(Dataset entries)
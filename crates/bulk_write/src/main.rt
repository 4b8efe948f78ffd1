#![tactic(auto)]

// Writes the stream on standard input canonically to standard output, or prints its refusal.
// Assumes the contracts that the kit states of C's `read` and `write`.
fn rewrite(rt: &impl Print, stream: &[u8], table: &mut [u32], output: &mut [u8]) {
    let _ = match bulk::write(stream, table, output) {
        Err(refusal) => println!(rt; "{refusal}"),
        Ok(length) => rt.write_all(&output[..length]),
    };
}

fn main(rt: HostRuntime) {
    // A byte more than a stream may have, so that one that is too long is seen to be.
    let mut stream = [0u8; bulk::STREAM_LIMIT + 1];
    let mut table = [0u32; bulk::TABLE_LIMIT];
    // No canonical stream is longer than its stream.
    let mut output = [0u8; bulk::STREAM_LIMIT];
    let length = text::read_full(&mut rt.stdin(), &mut stream);
    rewrite(&rt, &stream[..length], &mut table, &mut output);
}
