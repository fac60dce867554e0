//! The expiry queue: a tournament tree of least due times over the slots, in lent memory. Node 1 is the root, node k has
//! the children 2k and 2k + 1, and slot i's due time is node capacity + i. A node is eight bytes.
#![tactic(auto)]

ghost use Rattle.std.specs.Prelude.{◌≡◌, ◌+◌, ◌*◌, ◌≤◌, ◌<◌, min, length};
ghost use Rattle.memory.specs.Decides.{Decides};
ghost use Rattle.queue.specs.Tree.{node, with_node, Sound, DueSet, LeastDue, Refreshed};

/// The due time of a slot that is in no queue.
pub const NEVER: u64 = 0xffff_ffff_ffff_ffff;

/// Node `k`.
#[tactic(auto, unfolding(crate::specs::Tree::node))]
pub fn load_node(tree: &[u8], k: usize) -> u64
    requires { 8 * k + 8 ≤ length tree.now }
    ensures { result ≡ node tree.now k }
{
    memory::load_u64(tree, 8 * k)
}

/// Node `k` becomes `due`.
#[tactic(auto, unfolding(crate::specs::Tree::with_node))]
pub fn store_node(tree: &mut [u8], k: usize, due: u64)
    requires { 8 * k + 8 ≤ length tree.old }
    ensures { tree.new ≡ with_node tree.old k due }
{
    memory::store_u64(tree, 8 * k, due);
}

/// The lesser of the children of node `k`.
fn lesser_child(tree: &[u8], k: usize) -> u64
    requires { 16 * k + 16 ≤ length tree.now }
    ensures { result ≡ min (node tree.now (2 * k)) (node tree.now (2 * k + 1)) }
{
    let left = load_node(tree, 2 * k);
    let right = load_node(tree, 2 * k + 1);
    left.min(right)
}

/// Node `k` becomes the lesser of its children.
#[tactic(auto, using(crate::proofs::Laws::refreshed))]
pub fn refresh(tree: &mut [u8], k: usize)
    requires k_in_bounds { 16 * k + 16 ≤ length tree.old }
    requires k_nonzero { 0 < k }
    ensures { Refreshed k tree.old tree.new }
{
    let least = lesser_child(tree, k);
    store_node(tree, k, least);
}

/// The due time of `slot` becomes `due`: the leaf, and then each node above it.
#[tactic(auto, using(crate::specs::Turns::climbs, crate::proofs::Laws::climb_begins))]
pub fn set_due(tree: &mut [u8], capacity: usize, slot: usize, due: u64)
    requires slot_lt_capacity { slot < capacity }
    requires sound { Sound tree.old capacity }
    ensures { DueSet capacity slot due tree.old tree.new }
{
    store_node(tree, capacity + slot, due);
    let mut k = (capacity + slot) / 2;
    while 0 < k {
        refresh(tree, k);
        k /= 2;
    }
}

/// A slot with the least due time, if that is at most `limit`.
#[tactic(auto, using(crate::specs::Turns::descends, crate::proofs::Laws::walk_right))]
pub fn first_due(tree: &[u8], capacity: usize, limit: u64) -> Option<usize>
    requires capacity_nonzero { 0 < capacity }
    requires sound { Sound tree.now capacity }
    ensures { LeastDue tree.now capacity limit result }
{
    let least = load_node(tree, 1);
    if limit < least {
        return None;
    }
    let mut k = 1;
    while k < capacity {
        let left = load_node(tree, 2 * k);
        k = if left == least { 2 * k } else { 2 * k + 1 };
    }
    Some(k - capacity)
}

/// Whether each node above the leaves is the lesser of its children: one pass.
pub fn is_sound(tree: &[u8], capacity: usize) -> bool
    requires { length tree.now ≡ 16 * capacity }
    ensures { Decides result (Sound tree.now capacity) }
{
    for k in 1..capacity {
        if load_node(tree, k) != lesser_child(tree, k) {
            return false;
        }
    }
    true
}
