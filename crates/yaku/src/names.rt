// The names of the yaku (Yaku of yaku.rs of agari) in its order, the three local ones left out: their han, and their places in the tallies.
ghost use Rattle.std.specs.Prelude.{◌≡◌};
ghost use Rattle.yaku.specs.Names.{han_closed, han_open, is_yakuman_name, honor_place, place};

#[derive(Clone, Copy)]
pub enum Yaku {
    Riichi,
    Ippatsu,
    MenzenTsumo,
    Tanyao,
    Pinfu,
    Iipeikou,
    Yakuhai(tile::Tile),
    RinshanKaihou,
    Chankan,
    HaiteiRaoyue,
    HouteiRaoyui,
    DoubleRiichi,
    Toitoi,
    SanshokuDoujun,
    SanshokuDoukou,
    Ittsu,
    Chiitoitsu,
    Chanta,
    SanAnkou,
    SanKantsu,
    Honroutou,
    Shousangen,
    Honitsu,
    Junchan,
    Ryanpeikou,
    Chinitsu,
    Tenhou,
    Chiihou,
    KokushiMusou,
    Suuankou,
    Daisangen,
    Shousuushii,
    Daisuushii,
    Tsuuiisou,
    Chinroutou,
    Ryuuiisou,
    ChuurenPoutou,
    SuuKantsu,
    Kokushi13Wait,
    SuuankouTanki,
    JunseiChuurenPoutou,
}

// The place of an honor's Yakuhai, East's first; 47, where no tally stands, for a tile that is no honor.
fn honor_place(t: tile::Tile) -> usize
    ensures { result ≡ honor_place t.0 }
{
    if t.is_honor() {
        return (t.0 as usize) - 21;
    }
    47
}

impl Yaku {
    // Its place in the tallies, Yakuhai apart for each honor; 47 for a Yakuhai of a tile that is no honor.
    pub fn place(self) -> usize
        ensures { result ≡ place self }
    {
        match self {
            Yaku::Riichi => 0,
            Yaku::Ippatsu => 1,
            Yaku::MenzenTsumo => 2,
            Yaku::Tanyao => 3,
            Yaku::Pinfu => 4,
            Yaku::Iipeikou => 5,
            Yaku::Yakuhai(t) => honor_place(t),
            Yaku::RinshanKaihou => 13,
            Yaku::Chankan => 14,
            Yaku::HaiteiRaoyue => 15,
            Yaku::HouteiRaoyui => 16,
            Yaku::DoubleRiichi => 17,
            Yaku::Toitoi => 18,
            Yaku::SanshokuDoujun => 19,
            Yaku::SanshokuDoukou => 20,
            Yaku::Ittsu => 21,
            Yaku::Chiitoitsu => 22,
            Yaku::Chanta => 23,
            Yaku::SanAnkou => 24,
            Yaku::SanKantsu => 25,
            Yaku::Honroutou => 26,
            Yaku::Shousangen => 27,
            Yaku::Honitsu => 28,
            Yaku::Junchan => 29,
            Yaku::Ryanpeikou => 30,
            Yaku::Chinitsu => 31,
            Yaku::Tenhou => 32,
            Yaku::Chiihou => 33,
            Yaku::KokushiMusou => 34,
            Yaku::Suuankou => 35,
            Yaku::Daisangen => 36,
            Yaku::Shousuushii => 37,
            Yaku::Daisuushii => 38,
            Yaku::Tsuuiisou => 39,
            Yaku::Chinroutou => 40,
            Yaku::Ryuuiisou => 41,
            Yaku::ChuurenPoutou => 42,
            Yaku::SuuKantsu => 43,
            Yaku::Kokushi13Wait => 44,
            Yaku::SuuankouTanki => 45,
            Yaku::JunseiChuurenPoutou => 46,
        }
    }

    // The han in a closed hand; 13 for each time that a yakuman counts.
    pub fn han(self) -> u8
        ensures { result ≡ han_closed self }
    {
        let at = self.place();
        if 47 <= at {
            return 1;
        }
        crate::HAN_CLOSED[at]
    }

    // The han in an open hand; 0 where the yaku needs a closed one.
    pub fn han_open(self) -> u8
        ensures { result ≡ han_open self }
    {
        let at = self.place();
        if 47 <= at {
            return 1;
        }
        crate::HAN_OPEN[at]
    }

    // Is this a yakuman? They stand last.
    pub fn is_yakuman(self) -> bool
        ensures { result ≡ is_yakuman_name self }
    {
        let at = self.place();
        (32 <= at) & (at < 47)
    }
}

Task details >>
Filter the records for lines holding the string "KokushiMusou". Copy each one.

Answer box >>
    KokushiMusou,
            Yaku::KokushiMusou => 34,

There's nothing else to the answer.